[EXERCISE OBJECTIVE]
Copy exactly the stretch of data below from the line with "#[derive(Clone, Copy, Debug, PartialEq, Eq)]" through the line with "that was shown.", including both of those lines.

[STUDY MATERIAL]
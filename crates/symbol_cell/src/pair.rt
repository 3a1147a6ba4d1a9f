// Pairs of wires that show a mark.
ghost use Rattle.std.specs.Prelude.{◌≡◌, ◌+◌, IfOk, if◌then◌else◌};
ghost use Rattle.bddl_model.specs.Truth.{Assignment};
ghost use Rattle.bddl_model.specs.Circuit.{IsWire, holds};
ghost use Rattle.bddl_model.specs.Growth.{HasRoom, Grows, Makes};
ghost use Rattle.symbol_cell.specs.Pairs as spec;
ghost use Rattle.symbol_cell.specs.Pairs.{IsPair, mark_of};

use bddl_model::{Mark, NoMemory, Wire};
use bit_arith::or;
use circuit_dag::Dag;

/// Wires of which one holds where a mark is black, and the other where it is white.
#[derive(Clone, Copy, Debug, PartialEq, Eq)]
pub struct Pair {
    pub black: Wire,
    pub white: Wire,
}

fn is_black(mark: Mark) -> bool
    ensures { result ≡ spec.is_black mark }
{
    matches!(mark, Mark::Black)
}

fn is_white(mark: Mark) -> bool
    ensures { result ≡ spec.is_white mark }
{
    matches!(mark, Mark::White)
}

// A wire that has this value where another holds, and else the value that it had.
fn put_wire(dag: &mut Dag, hit: Wire, value: bool, wire: Wire) -> Result<Wire, NoMemory>
    requires hit { IsWire dag.old hit }
    requires wire { IsWire dag.old wire }
    requires room { HasRoom dag.old 1 }
    ensures { Makes 1 dag.old dag.new result (λ a. if holds dag.old hit a then value else holds dag.old wire a) }
{
    if value {
        return or(dag, hit, wire);
    }
    let miss = dag.not(hit);
    dag.and(miss, wire)
}

/// A pair that shows this mark where a wire holds, and else the mark that was shown.
pub fn put_mark(dag: &mut Dag, hit: Wire, mark: Mark, pair: Pair) -> Result<Pair, NoMemory>
    requires hit { IsWire dag.old hit }
    requires pair { IsPair dag.old pair }
    requires room { HasRoom dag.old 2 }
    ensures pair { IfOk result (λ p. IsPair dag.new p) }
    ensures shown { IfOk result (λ p. (a : Assignment) → mark_of dag.new p a ≡ (if holds dag.old hit a then mark else mark_of dag.old pair a)) }
    ensures grows { Grows 2 dag.old dag.new }
{
    let black = put_wire(dag, hit, is_black(mark), pair.black)?;
    let white = put_wire(dag, hit, is_white(mark), pair.white)?;
    Ok(Pair { black, white })
}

[EXERCISE RESPONSE]
#[derive(Clone, Copy, Debug, PartialEq, Eq)]
pub struct Pair {
    pub black: Wire,
    pub white: Wire,
}

fn is_black(mark: Mark) -> bool
    ensures { result ≡ spec.is_black mark }
{
    matches!(mark, Mark::Black)
}

fn is_white(mark: Mark) -> bool
    ensures { result ≡ spec.is_white mark }
{
    matches!(mark, Mark::White)
}

// A wire that has this value where another holds, and else the value that it had.
fn put_wire(dag: &mut Dag, hit: Wire, value: bool, wire: Wire) -> Result<Wire, NoMemory>
    requires hit { IsWire dag.old hit }
    requires wire { IsWire dag.old wire }
    requires room { HasRoom dag.old 1 }
    ensures { Makes 1 dag.old dag.new result (λ a. if holds dag.old hit a then value else holds dag.old wire a) }
{
    if value {
        return or(dag, hit, wire);
    }
    let miss = dag.not(hit);
    dag.and(miss, wire)
}

/// A pair that shows this mark where a wire holds, and else the mark that was shown.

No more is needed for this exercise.